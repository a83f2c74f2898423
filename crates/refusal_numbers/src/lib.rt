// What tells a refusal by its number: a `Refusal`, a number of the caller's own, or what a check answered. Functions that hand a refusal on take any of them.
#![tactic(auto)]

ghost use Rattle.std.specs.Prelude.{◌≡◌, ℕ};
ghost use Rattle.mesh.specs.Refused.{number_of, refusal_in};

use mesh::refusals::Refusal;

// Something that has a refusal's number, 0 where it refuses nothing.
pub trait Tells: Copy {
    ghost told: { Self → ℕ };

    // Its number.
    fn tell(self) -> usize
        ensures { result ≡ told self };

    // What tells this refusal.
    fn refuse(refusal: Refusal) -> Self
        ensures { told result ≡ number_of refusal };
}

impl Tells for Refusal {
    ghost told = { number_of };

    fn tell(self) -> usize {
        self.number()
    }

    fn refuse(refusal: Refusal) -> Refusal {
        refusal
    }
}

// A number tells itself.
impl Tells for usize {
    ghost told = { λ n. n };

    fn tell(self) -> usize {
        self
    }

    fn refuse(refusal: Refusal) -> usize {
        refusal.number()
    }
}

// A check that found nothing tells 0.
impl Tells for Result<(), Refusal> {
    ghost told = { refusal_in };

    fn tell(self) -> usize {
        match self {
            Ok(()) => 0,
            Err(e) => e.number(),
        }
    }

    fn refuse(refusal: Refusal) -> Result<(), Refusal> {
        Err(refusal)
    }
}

------------------------------------

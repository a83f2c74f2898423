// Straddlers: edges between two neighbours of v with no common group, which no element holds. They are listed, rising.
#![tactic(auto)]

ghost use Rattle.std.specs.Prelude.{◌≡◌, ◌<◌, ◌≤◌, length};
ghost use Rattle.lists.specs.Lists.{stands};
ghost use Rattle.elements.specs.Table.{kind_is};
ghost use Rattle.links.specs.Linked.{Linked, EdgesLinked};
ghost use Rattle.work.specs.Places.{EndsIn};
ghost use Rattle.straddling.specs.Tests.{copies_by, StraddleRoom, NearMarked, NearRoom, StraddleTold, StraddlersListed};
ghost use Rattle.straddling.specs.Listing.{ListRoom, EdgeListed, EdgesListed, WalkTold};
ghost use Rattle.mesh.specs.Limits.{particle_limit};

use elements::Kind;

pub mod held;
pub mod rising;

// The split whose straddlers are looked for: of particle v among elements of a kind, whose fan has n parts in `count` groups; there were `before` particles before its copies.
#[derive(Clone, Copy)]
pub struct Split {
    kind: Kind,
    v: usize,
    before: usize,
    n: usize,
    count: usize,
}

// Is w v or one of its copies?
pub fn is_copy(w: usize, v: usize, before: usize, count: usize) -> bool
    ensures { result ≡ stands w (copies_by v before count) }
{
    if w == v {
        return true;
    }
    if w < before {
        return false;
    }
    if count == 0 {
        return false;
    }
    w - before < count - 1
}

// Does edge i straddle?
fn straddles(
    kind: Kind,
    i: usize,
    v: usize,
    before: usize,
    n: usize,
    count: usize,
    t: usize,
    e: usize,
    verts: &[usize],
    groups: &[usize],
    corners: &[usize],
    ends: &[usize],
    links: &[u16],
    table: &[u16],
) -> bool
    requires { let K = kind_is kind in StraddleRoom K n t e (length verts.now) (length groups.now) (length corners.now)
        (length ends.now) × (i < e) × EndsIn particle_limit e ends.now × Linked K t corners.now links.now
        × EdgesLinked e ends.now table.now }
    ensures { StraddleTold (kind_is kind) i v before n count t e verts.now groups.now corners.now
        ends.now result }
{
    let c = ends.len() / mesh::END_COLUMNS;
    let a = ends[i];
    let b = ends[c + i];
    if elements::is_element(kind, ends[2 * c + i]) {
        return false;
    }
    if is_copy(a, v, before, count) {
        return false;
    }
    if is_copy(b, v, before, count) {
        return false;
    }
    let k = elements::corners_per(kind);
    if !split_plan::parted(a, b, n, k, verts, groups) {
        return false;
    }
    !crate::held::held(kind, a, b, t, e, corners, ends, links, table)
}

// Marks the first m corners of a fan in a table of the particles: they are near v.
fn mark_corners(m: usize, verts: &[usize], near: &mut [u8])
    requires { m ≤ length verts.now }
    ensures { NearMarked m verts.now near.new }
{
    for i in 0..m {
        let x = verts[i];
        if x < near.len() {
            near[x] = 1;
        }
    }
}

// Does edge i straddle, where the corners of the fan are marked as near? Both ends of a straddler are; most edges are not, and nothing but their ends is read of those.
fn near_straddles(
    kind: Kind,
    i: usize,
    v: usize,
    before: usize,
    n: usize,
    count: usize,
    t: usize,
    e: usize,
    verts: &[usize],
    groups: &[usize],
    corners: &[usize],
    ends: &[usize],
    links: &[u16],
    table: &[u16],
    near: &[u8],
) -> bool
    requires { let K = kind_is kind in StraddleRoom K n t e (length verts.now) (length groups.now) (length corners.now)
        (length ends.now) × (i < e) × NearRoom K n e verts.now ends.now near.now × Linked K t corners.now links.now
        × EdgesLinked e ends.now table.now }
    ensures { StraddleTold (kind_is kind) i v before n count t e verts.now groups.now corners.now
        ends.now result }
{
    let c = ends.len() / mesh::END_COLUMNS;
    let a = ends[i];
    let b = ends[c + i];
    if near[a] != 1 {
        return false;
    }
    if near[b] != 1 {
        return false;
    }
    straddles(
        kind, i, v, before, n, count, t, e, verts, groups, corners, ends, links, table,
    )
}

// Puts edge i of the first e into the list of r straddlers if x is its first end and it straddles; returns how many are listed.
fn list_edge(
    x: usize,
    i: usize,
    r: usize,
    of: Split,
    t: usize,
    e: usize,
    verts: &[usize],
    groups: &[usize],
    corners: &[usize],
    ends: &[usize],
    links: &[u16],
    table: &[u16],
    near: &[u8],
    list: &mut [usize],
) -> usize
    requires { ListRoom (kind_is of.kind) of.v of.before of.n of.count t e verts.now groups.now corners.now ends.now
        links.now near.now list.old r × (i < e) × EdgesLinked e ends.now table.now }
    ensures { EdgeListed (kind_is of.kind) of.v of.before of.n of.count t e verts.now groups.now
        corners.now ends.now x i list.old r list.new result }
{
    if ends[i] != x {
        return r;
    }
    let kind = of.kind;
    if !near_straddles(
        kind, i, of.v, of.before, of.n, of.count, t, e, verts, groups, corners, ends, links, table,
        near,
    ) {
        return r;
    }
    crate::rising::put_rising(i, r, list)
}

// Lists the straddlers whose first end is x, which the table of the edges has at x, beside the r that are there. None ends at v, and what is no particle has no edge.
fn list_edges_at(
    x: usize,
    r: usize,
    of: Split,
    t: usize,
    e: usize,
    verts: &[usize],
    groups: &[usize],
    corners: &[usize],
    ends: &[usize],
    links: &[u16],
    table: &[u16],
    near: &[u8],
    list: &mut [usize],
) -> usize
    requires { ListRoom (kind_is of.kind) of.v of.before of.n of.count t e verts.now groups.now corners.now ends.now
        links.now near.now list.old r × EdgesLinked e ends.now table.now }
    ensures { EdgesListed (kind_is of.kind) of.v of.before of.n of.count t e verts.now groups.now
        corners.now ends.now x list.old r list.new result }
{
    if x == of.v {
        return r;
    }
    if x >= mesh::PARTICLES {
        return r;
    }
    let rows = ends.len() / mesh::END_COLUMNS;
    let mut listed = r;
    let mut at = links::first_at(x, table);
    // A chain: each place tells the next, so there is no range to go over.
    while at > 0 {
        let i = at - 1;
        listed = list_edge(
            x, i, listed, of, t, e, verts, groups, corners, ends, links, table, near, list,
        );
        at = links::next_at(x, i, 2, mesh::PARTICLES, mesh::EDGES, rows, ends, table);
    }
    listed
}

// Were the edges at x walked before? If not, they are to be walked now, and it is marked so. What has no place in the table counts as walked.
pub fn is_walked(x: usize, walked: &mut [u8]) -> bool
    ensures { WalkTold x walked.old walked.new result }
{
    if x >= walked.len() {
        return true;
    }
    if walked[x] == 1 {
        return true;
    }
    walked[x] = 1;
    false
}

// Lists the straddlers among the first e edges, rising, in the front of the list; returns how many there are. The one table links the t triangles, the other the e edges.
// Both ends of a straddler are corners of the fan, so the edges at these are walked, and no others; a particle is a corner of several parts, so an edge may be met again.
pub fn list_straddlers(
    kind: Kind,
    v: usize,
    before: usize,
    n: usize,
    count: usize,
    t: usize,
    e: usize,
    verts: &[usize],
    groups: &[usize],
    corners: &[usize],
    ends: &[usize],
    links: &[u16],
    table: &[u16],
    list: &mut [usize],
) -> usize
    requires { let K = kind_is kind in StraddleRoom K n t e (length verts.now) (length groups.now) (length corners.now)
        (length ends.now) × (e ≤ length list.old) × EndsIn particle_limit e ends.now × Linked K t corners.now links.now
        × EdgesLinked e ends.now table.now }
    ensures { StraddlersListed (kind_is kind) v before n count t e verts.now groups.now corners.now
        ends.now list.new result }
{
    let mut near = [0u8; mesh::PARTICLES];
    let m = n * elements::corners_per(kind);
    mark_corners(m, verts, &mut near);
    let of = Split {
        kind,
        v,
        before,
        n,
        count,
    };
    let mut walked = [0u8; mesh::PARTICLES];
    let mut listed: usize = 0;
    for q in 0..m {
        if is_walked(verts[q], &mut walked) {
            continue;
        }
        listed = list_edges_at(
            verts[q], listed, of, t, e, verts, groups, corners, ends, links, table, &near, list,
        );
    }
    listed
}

------------------------------------

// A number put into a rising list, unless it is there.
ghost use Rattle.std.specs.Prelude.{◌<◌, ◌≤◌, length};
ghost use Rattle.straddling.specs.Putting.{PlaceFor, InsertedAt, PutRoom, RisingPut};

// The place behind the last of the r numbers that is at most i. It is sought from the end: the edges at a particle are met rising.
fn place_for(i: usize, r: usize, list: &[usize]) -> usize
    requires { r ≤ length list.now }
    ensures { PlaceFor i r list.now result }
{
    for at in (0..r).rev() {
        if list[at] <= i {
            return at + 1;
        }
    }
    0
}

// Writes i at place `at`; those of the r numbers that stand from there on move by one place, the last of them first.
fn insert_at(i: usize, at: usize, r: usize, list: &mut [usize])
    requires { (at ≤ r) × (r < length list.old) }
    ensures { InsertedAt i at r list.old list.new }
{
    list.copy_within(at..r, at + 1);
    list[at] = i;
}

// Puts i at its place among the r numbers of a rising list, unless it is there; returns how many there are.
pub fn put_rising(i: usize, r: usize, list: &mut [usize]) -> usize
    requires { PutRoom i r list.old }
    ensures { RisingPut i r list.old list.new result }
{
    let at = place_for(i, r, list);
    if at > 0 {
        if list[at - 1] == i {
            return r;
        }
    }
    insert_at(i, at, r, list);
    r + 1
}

------------------------------------

--- WORK REQUEST ---
List the lines of the entries that include "NearRoom".

--- ANSWER TO THE EXERCISE ---
ghost use Rattle.straddling.specs.Tests.{copies_by, StraddleRoom, NearMarked, NearRoom, StraddleTold, StraddlersListed};
        (length ends.now) × (i < e) × NearRoom K n e verts.now ends.now near.now × Linked K t corners.now links.now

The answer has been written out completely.